Eventually, Joe became the exclusive dealer for a major phonograph, radio and television manufacturer of the day, Magnavox. When Battlefield Mall opened in 1970, Joe helped establish Colony Magnavox there.

The creation of Tel-A-Rent

When major national retailers built large stores here and began selling records as loss-leaders to lure customers, the Record Shop morphed into Video One and was able to soldier on selling TVs and VCRs for a while because unlike big-box stores, it had a service department to repair sets when they went on the blink.

“But my dad said that television sets were a rare product that got cheaper in price at the same time that they got better in quality every year,” says Chris. ”Eventually, TV sets became so inexpensive that it cost more money to fix them than it did to throw them away and buy new ones.”

About this time (late 1970s, early ’80s), Joe and business partner Mike Pierce had another inspiration: renting TVs.

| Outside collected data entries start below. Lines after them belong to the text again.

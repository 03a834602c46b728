// How well three finders fit the corners of a symbol.
ghost use Rattle.std.specs.Prelude.{◌≡◌};
ghost use Rattle.geometry.specs.Score.{mean_of, out_by_pitch, dot_of, corner_score, admissible_corners, score_of, admissible, score_if};

use super::{Corners, Finder, order_finders, span};
use float::Float;

// The mean of the modules.
pub fn mean_module(a: Finder, b: Finder, c: Finder) -> f32
    ensures { result ≡ mean_of a b c }
{
    (a.module + b.module + c.module) / 3.0
}

fn out_by_pitch(a: Finder, b: Finder, c: Finder) -> bool
    ensures { result ≡ out_by_pitch a b c }
{
    let mean = mean_module(a, b, c);
    let da = float::max32(0.0, Float::abs(a.module - mean));
    let db = float::max32(da, Float::abs(b.module - mean));
    let spread = float::max32(db, Float::abs(c.module - mean));
    spread > mean * 0.5
}

fn dot(f: Corners) -> f32
    ensures { result ≡ dot_of f }
{
    (f.tr.x - f.tl.x) * (f.bl.x - f.tl.x) + (f.tr.y - f.tl.y) * (f.bl.y - f.tl.y)
}

// How far the corner is from a right angle with equal legs.
fn right_angle_score(f: Corners) -> Option<f32>
    ensures { result ≡ score_if (admissible_corners f) (corner_score f) }
{
    let n1 = span(f.tl, f.tr);
    let n2 = span(f.tl, f.bl);
    if n1 < 1.0 {
        return None;
    }
    if n2 < 1.0 {
        return None;
    }
    let cos = Float::abs(dot(f) / (n1 * n2));
    if cos > 0.7 {
        return None;
    }
    let ratio = float::max32(n1 / n2, n2 / n1);
    if ratio > 1.6 {
        return None;
    }
    let score = cos + (ratio - 1.0);
    if score != score {
        return None;
    }
    Some(score)
}

// The score of an admissible triple; lower is better.
pub fn triple_score(a: Finder, b: Finder, c: Finder) -> Option<f32>
    ensures { result ≡ score_if (admissible a b c) (score_of a b c) }
{
    if out_by_pitch(a, b, c) {
        None
    } else {
        right_angle_score(order_finders(a, b, c))
    }
}
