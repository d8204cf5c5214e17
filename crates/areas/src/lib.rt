//! The areas of a byte journal, one behind the other in a slice of bytes.
#![tactic(auto)]

mod finds;

pub use finds::{AREA, areas, count, find, owns, part, spare};
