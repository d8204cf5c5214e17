//! What is found among the areas of a medium.
ghost use Rattle.std.specs.Prelude.{◌≡◌, ◌<◌, true, false, not, [], length, drop, is_some, None, MatchOption, slice_index_or};
ghost use Rattle.area.specs.Area.{read};
ghost use Rattle.areas.specs.Plan.{area_at, areas_in, plan, owned_by, areas_of, First, spared};

/// How many bytes an area has.
pub const AREA: usize = 4096;

/// The whole areas of a medium.
pub fn areas(medium: &[u8]) -> &[[u8; AREA]]
    ensures { result.now ≡ areas_in medium.now }
{
    medium.as_chunks().0
}

/// How many whole areas a medium has.
pub fn count(medium: &[u8]) -> usize
    ensures { result ≡ length (plan medium.now) }
{
    medium.len() / AREA
}

/// The bytes of an area; none past the last.
pub fn part(medium: &[u8], i: usize) -> &[u8]
    ensures reads { read result.now ≡ slice_index_or (plan medium.now) i None }
    ensures value { i < length (plan medium.now) → result.now ≡ area_at i medium.now }
{
    if i >= count(medium) {
        return &[];
    }
    &medium[i * AREA..i * AREA + AREA]
}

/// Whether an area is in use for a section.
pub fn owns(area: &[u8], section: u64) -> bool
    ensures { result ≡ owned_by section (read area.now) }
{
    area::section(area) == Some(section)
}

/// The first area of a section, from a place on.
pub fn find(medium: &[u8], section: u64, from: usize) -> Option<usize>
    ensures { MatchOption result (areas_of section (drop from (plan medium.now)) ≡ []) (λ i. First section from i (plan medium.now)) }
{
    let at = areas(medium)
        .iter()
        .skip(from)
        .position(|area| owns(area, section))?;
    Some(from + at)
}

// Whether an area is free.
fn is_free(area: &[u8]) -> bool
    ensures { result ≡ not (is_some (read area.now)) }
{
    area::section(area).is_none()
}

/// A free area.
pub fn spare(medium: &[u8]) -> Option<usize>
    ensures { MatchOption result (spared (plan medium.now) ≡ false) (λ i. (spared (plan medium.now) ≡ true) × (i < length (plan medium.now)) × (slice_index_or (plan medium.now) i None ≡ None)) }
{
    areas(medium).iter().position(|area| is_free(area))
}
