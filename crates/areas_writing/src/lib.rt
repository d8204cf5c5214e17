//! How records are added to the areas of a byte journal, and old ones dropped.
#![tactic(auto)]

mod writes;

pub use writes::{append, prune};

“Interest rates were high; nobody wanted to do financing,” Chris explains. So when a customer one day wanted a TV set but couldn't afford to buy it, she was asked: If you could rent this television, would you take it? She did, and the rental business took off.

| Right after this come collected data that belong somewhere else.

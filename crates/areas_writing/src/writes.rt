//! How the areas of a medium are written.
ghost use Rattle.std.specs.Prelude.{◌≡◌, ◌+◌, ◌*◌, ◌<◌, ◌≤◌, [], length, slice_set};
ghost use Rattle.area.specs.Area.{read};
ghost use Rattle.area.specs.Writes.{Appended, Freed, Started};
ghost use Rattle.areas.specs.Plan.{First, area_at, areas_of, plan, rest_of};
ghost use Rattle.areas_writing.specs.Steps.{Adding, Clearing, ClearingAt, under};

use areas::{AREA, count, find, part, spare};
use journal::{MAX_RECORD, Stop};

// Where an area begins.
fn offset(medium: &[u8], at: usize) -> usize
    requires { at < length (plan medium.now) }
    ensures place { result ≡ at * 4096 }
    ensures inside { result + 4096 ≤ length medium.now }
{
    at * AREA
}

// Adds a record to an area.
fn append_at(medium: &mut [u8], power: &mut Option<u64>, at: usize, body: &[u8]) -> Result<(), Stop>
    requires { at < length (plan medium.old) }
    ensures step { Appended (area_at at medium.old) power.old body.now result (area_at at medium.new) power.new }
    ensures others { plan medium.new ≡ slice_set (plan medium.old) at (read (area_at at medium.new)) }
    ensures rest { rest_of medium.new ≡ rest_of medium.old }
    ensures back { area_at at medium.new ≡ area_at at medium.old → medium.new ≡ medium.old }
{
    let from = offset(medium, at);
    area::append(&mut medium[from..from + AREA], power, body)
}

// Takes a free area into use for a section.
fn start_at(medium: &mut [u8], power: &mut Option<u64>, at: usize, section: u64) -> Result<(), Stop>
    requires { at < length (plan medium.old) }
    ensures step { Started (area_at at medium.old) power.old section result (area_at at medium.new) power.new }
    ensures others { plan medium.new ≡ slice_set (plan medium.old) at (read (area_at at medium.new)) }
    ensures rest { rest_of medium.new ≡ rest_of medium.old }
{
    let from = offset(medium, at);
    area::start(&mut medium[from..from + AREA], power, section)
}

// Frees an area.
fn free_at(medium: &mut [u8], power: &mut Option<u64>, at: usize) -> Result<(), Stop>
    requires { at < length (plan medium.old) }
    ensures step { Freed (area_at at medium.old) power.old result (area_at at medium.new) power.new }
    ensures others { plan medium.new ≡ slice_set (plan medium.old) at (read (area_at at medium.new)) }
    ensures rest { rest_of medium.new ≡ rest_of medium.old }
{
    let from = offset(medium, at);
    area::free(&mut medium[from..from + AREA], power)
}

// Adds a record to a section's first area, unless it has another.
fn extend(
    medium: &mut [u8],
    power: &mut Option<u64>,
    section: u64,
    at: usize,
    body: &[u8],
) -> Result<(), Stop>
    requires { First section 0 at (plan medium.old) }
    ensures step { Adding medium.old power.old section body.now result medium.new power.new }
    ensures rest { rest_of medium.new ≡ rest_of medium.old }
{
    if find(medium, section, at + 1).is_some() {
        return Err(Stop::Full);
    }
    append_at(medium, power, at, body)
}

// Adds the first record of a section, in a free area.
fn begin(medium: &mut [u8], power: &mut Option<u64>, section: u64, body: &[u8]) -> Result<(), Stop>
    requires { areas_of section (plan medium.old) ≡ [] }
    ensures step { Adding medium.old power.old section body.now result medium.new power.new }
    ensures rest { rest_of medium.new ≡ rest_of medium.old }
{
    if body.len() > MAX_RECORD {
        return Err(Stop::Full);
    }
    let Some(at) = spare(medium) else {
        return Err(Stop::Full);
    };
    start_at(medium, power, at, section)?;
    append_at(medium, power, at, body)
}

/// Adds a record at the end of a section.
pub fn append(
    medium: &mut [u8],
    power: &mut Option<u64>,
    section: u64,
    body: &[u8],
) -> Result<(), Stop>
    ensures step { Adding medium.old power.old section body.now result medium.new power.new }
    ensures rest { rest_of medium.new ≡ rest_of medium.old }
{
    match find(medium, section, 0) {
        Some(at) => extend(medium, power, section, at, body),
        None => begin(medium, power, section, body),
    }
}

// Whether an area is in use for a section below `bound`.
#[tactic(auto, unfolding(crate::specs::Steps::under))]
fn is_under(area: &[u8], bound: u64) -> bool
    ensures { result ≡ under bound (read area.now) }
{
    area::section(area).is_some_and(|section| section < bound)
}

// Frees an area, if its section is below `bound`.
fn clear_at(medium: &mut [u8], power: &mut Option<u64>, at: usize, bound: u64) -> Result<(), Stop>
    requires { at < length (plan medium.old) }
    ensures step { ClearingAt medium.old power.old at bound result medium.new power.new }
    ensures rest { rest_of medium.new ≡ rest_of medium.old }
{
    if is_under(part(medium, at), bound) {
        return free_at(medium, power, at);
    }
    Ok(())
}

/// Frees the areas of the sections below `bound`, from the last to the first.
pub fn prune(medium: &mut [u8], power: &mut Option<u64>, bound: u64) -> Result<(), Stop>
    ensures step { Clearing medium.old power.old bound result medium.new power.new }
    ensures rest { rest_of medium.new ≡ rest_of medium.old }
{
    // kept: by index, since of what a loop over `chunks_exact_mut` writes a proof knows the length alone
    for at in (0..count(medium)).rev() {
        clear_at(medium, power, at, bound)?;
    }
    Ok(())
}
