//! What follows for values on their way, as a function with nothing to run: a caller cites its
//! clauses.

ghost use Rattle.std.specs.Prelude.{◌≡◌, ℕ, ◌-◌, ◌<◌, ◌≤◌, nat_eq, List, ◌++◌, filter, flat_map, length, map, replicate, None};
ghost use Rattle.std.specs.List.Sorted.{IsPermutation, IsStrictlyIncreasing};
ghost use Rattle.dict_model.specs.Nodes.{shard_of};
ghost use Rattle.dict_model.specs.Requests.{Request};
ghost use Rattle.dict_model.specs.Shards.{Map};
ghost use Rattle.run_model.specs.Arrivals.{arrivals, worker_arrivals};
ghost use Rattle.run_model.specs.Runs.{answered};
ghost use Rattle.run_model.specs.Sending.{puts_of, numbered, worker_numbered, all_sent, coming};
ghost use Rattle.run_model.specs.Workers.{Replies, worker_of, worker_requests, worker_replies, worker_numbers};

/// What the workers of a run send, put together, is what the trace sends, and that is what arrives:
/// at each worker in the order of the requests' numbers, which all differ.
pub fn what_workers_send_is_what_arrives()
    ensures arrives { (whole : Map) (requests : List Request) (replies : Replies)
        → puts_of (all_sent whole (numbered 0 requests) replies)
        ≡ arrivals whole (answered requests replies) }
    ensures comes { (workers worker : ℕ) (whole : Map) (requests : List Request)
        (replies : Replies) → puts_of (coming workers worker whole requests replies)
        ≡ worker_arrivals workers worker whole (answered requests replies) }
    ensures ordered { (workers worker : ℕ) (whole : Map) (requests : List Request)
        (replies : Replies)
        → IsStrictlyIncreasing (map (λ s. s.number) (coming workers worker whole requests replies)) }

    // Where each worker's replies are those that it told, and none behind them.
    ensures together { (workers : ℕ) (whole : Map) (requests : List Request) (replies : Replies)
        (told : ℕ → Replies) → 1 ≤ workers
        → ((worker : ℕ) → worker < workers → worker_replies workers worker requests replies
        ≡ told worker ++ replicate
        (length (worker_requests workers worker requests) - length (told worker)) None)
        → IsPermutation (flat_map (λ worker. all_sent whole
        (worker_numbered workers worker requests) (told worker)) (worker_numbers workers))
        (all_sent whole (numbered 0 requests) replies) }
    ensures to_one { (workers worker : ℕ) (whole : Map) (requests : List Request)
        (replies : Replies) (told : ℕ → Replies) → 1 ≤ workers
        → ((from : ℕ) → from < workers → worker_replies workers from requests replies
        ≡ told from ++ replicate
        (length (worker_requests workers from requests) - length (told from)) None)
        → IsPermutation (flat_map (λ from. filter
        (λ s. nat_eq (worker_of workers (shard_of s.key)) worker) (all_sent whole
        (worker_numbered workers from requests) (told from))) (worker_numbers workers))
        (coming workers worker whole requests replies) }
{}
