//! What follows from the definitions, as functions with nothing to run: a caller cites their
//! clauses.

ghost use Rattle.std.specs.Prelude.{◌≡◌, ℕ, ◌+◌, ◌≤◌, false, List, ◌∷◌, ◌++◌, length};
ghost use Rattle.heap_model.specs.Image.{Image};
ghost use Rattle.heap_model.specs.Header.{capacity_of, used_of};
ghost use Rattle.dict_model.specs.Requests.{Request, Reply, put, move, full, after, AreReplies};
ghost use Rattle.dict_model.specs.Shards.{Map};
ghost use Rattle.run_model.specs.Needs.{superblocks_needed};
ghost use Rattle.run_model.specs.Arrivals.{IsWholeMap, arrivals};
ghost use Rattle.run_model.specs.OneMap.{NoneIsFull, IsAsOneThread};
ghost use Rattle.run_model.specs.Opened.{HasMaps};
ghost use Rattle.run_model.specs.Runs.{answered, AnswersInOrder, AnswerInOrder, StopsRightly, IsFullRightly, RepliesRightly, LeavesMaps};
ghost use Rattle.run_model.specs.Workers.{Replies};

/// An image each of whose shards is a map is one map of all keys, and only one.
pub fn a_dictionary_is_one_map()
    ensures some { (image : Image) → HasMaps image → (whole : Map) × IsWholeMap image whole }
    ensures one { (image : Image) (a b : Map) → IsWholeMap image a → IsWholeMap image b
        → (key : ℕ) → a key ≡ b key }
{}

/// A run that isn't stopped, and refuses no request for want of room, is that of one thread,
/// however many workers it has. However a run ends, its replies are right for the whole map, asked
/// by the answered requests in the order of the trace; and where it isn't stopped, the whole map
/// after these, and after what arrives by them, is left.
pub fn a_run_without_a_refusal_is_that_of_one_thread()
    ensures thread { (image left : Image) (workers budget : ℕ) (requests : List Request)
        (replies : Replies) → HasMaps image → AnswerInOrder workers requests replies
        → StopsRightly image workers requests budget replies false
        → RepliesRightly image requests replies
        → LeavesMaps image workers requests replies false left
        → NoneIsFull replies → IsAsOneThread image requests replies left }
    ensures right { (image : Image) (requests : List Request) (replies : Replies) (whole : Map)
        → HasMaps image → IsWholeMap image whole → RepliesRightly image requests replies
        → AreReplies whole (answered requests replies) }
    ensures left { (image left : Image) (workers : ℕ) (requests : List Request)
        (replies : Replies) (whole : Map) → HasMaps image → IsWholeMap image whole
        → LeavesMaps image workers requests replies false left
        → IsWholeMap left (after whole (answered requests replies
        ++ arrivals whole (answered requests replies))) }
{}

/// Of two runs of a trace over one image that are each that of one thread, the replies are the
/// same, and so is the whole map that is left.
pub fn runs_as_one_thread_are_alike()
    ensures replies { (image left other : Image) (requests : List Request) (a b : Replies)
        → IsAsOneThread image requests a left → IsAsOneThread image requests b other → b ≡ a }
    ensures left { (image left other : Image) (requests : List Request) (a b : Replies)
        → IsAsOneThread image requests a left → IsAsOneThread image requests b other
        → (whole : Map) → IsWholeMap left whole → IsWholeMap other whole }
{}

/// Each of a worker's requests has a reply or stands as unanswered; and where as many superblocks
/// are left as the trace needs, no put and no move of it is told that there is no room.
pub fn replies_fit_the_trace()
    ensures each { (requests : List Request) (replies : Replies) → AnswersInOrder requests replies
        → length replies ≡ length requests }
    ensures room { (image : Image) (workers : ℕ) (requests : List Request) (replies : Replies)
        → 1 ≤ workers → IsFullRightly image workers requests replies
        → used_of image + superblocks_needed requests ≤ capacity_of image
        → (before later : List (Request × Reply)) (key : ℕ) (value : List ℕ)
        → answered requests replies ≡ before ++ (put key value, full) ∷ later → ⊥ }
    ensures move_room { (image : Image) (workers : ℕ) (requests : List Request) (replies : Replies)
        → 1 ≤ workers → IsFullRightly image workers requests replies
        → used_of image + superblocks_needed requests ≤ capacity_of image
        → (before later : List (Request × Reply)) (key to : ℕ)
        → answered requests replies ≡ before ++ (move key to, full) ∷ later → ⊥ }
{}

/// So there no reply at all is that there is no room: of right replies only a put's or a move's may
/// be.
pub fn enough_room_refuses_nothing()
    ensures { (image : Image) (workers : ℕ) (requests : List Request) (replies : Replies)
        → 1 ≤ workers → HasMaps image → AnswerInOrder workers requests replies
        → RepliesRightly image requests replies → IsFullRightly image workers requests replies
        → used_of image + superblocks_needed requests ≤ capacity_of image → NoneIsFull replies }
{}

Chris says his father told him skeptics warned that people would damage or pawn the TVs. ”But there was a huge market of people who couldn’t get credit but who wanted nice things for their home.”

Thus Tel-A-Rent was established, and is still operated today by Pierce. Joe retired in 1992 but retained ownership of the building.

Joe’s kids recall a couple of their father’s practical business quirks:

“He didn’t pay his employees on Friday like a lot of businesses did,” says Chris. “He paid them on Monday. That was because he worried that if he paid them on Friday, they’d blow a lot of it over the weekend and then they wouldn’t have money for the week ahead. But if he paid them on Monday, at least they’d have a better of chance of having the money they needed to get through the week.”

Cindy and Joann say their dad didn’t eat lunch. “At the store, his salesmen would go out to lunch. But he’d stay because he knew customers would come in on their own lunch breaks. He’d make all the sales himself during the lunch hour, and didn’t have to pay commissions on them.”

Joe did like food, however. He always ate a big breakfast and a big supper when he’d finally get home at night after a long workday at the store. His parents, Charles and Minnie, had worked at the Union Stockyards, where his mom ran the cafe there for years — and Joe used some of her recipes to make tasty batches of chili, and beans and cornbread, and T-bone steak.

In his latter years, Joann took Joe out to eat almost every Monday evening, usually to Jimm’s Steakhouse, where, in a holdover from jaw injuries suffered in that long-ago traffic crash, he favored the easy-to-chew meatloaf. Other regular haunts included Mexican Villa (the Chico Mexican plate), Pizza House (mushroom and sausage pizza), and Leong’s (cashew chicken, of course).

He also enjoyed cars, often buying a new one annually during his working years. As a retirement gift to himself, he purchased a new Cadillac.

Joe, along with Dorothy, stayed busy with volunteer work, including operating the snack bar at the Landers Theater during Springfield Little Theater productions. They also served on the SLT and the Springfield Symphony boards.

And they continued a tradition they’d begun together back in the 1950s: Supporting the Missouri State Bears athletic teams. The couple regularly attended home basketball and football games, and traveled to games as far away as Arizona and California.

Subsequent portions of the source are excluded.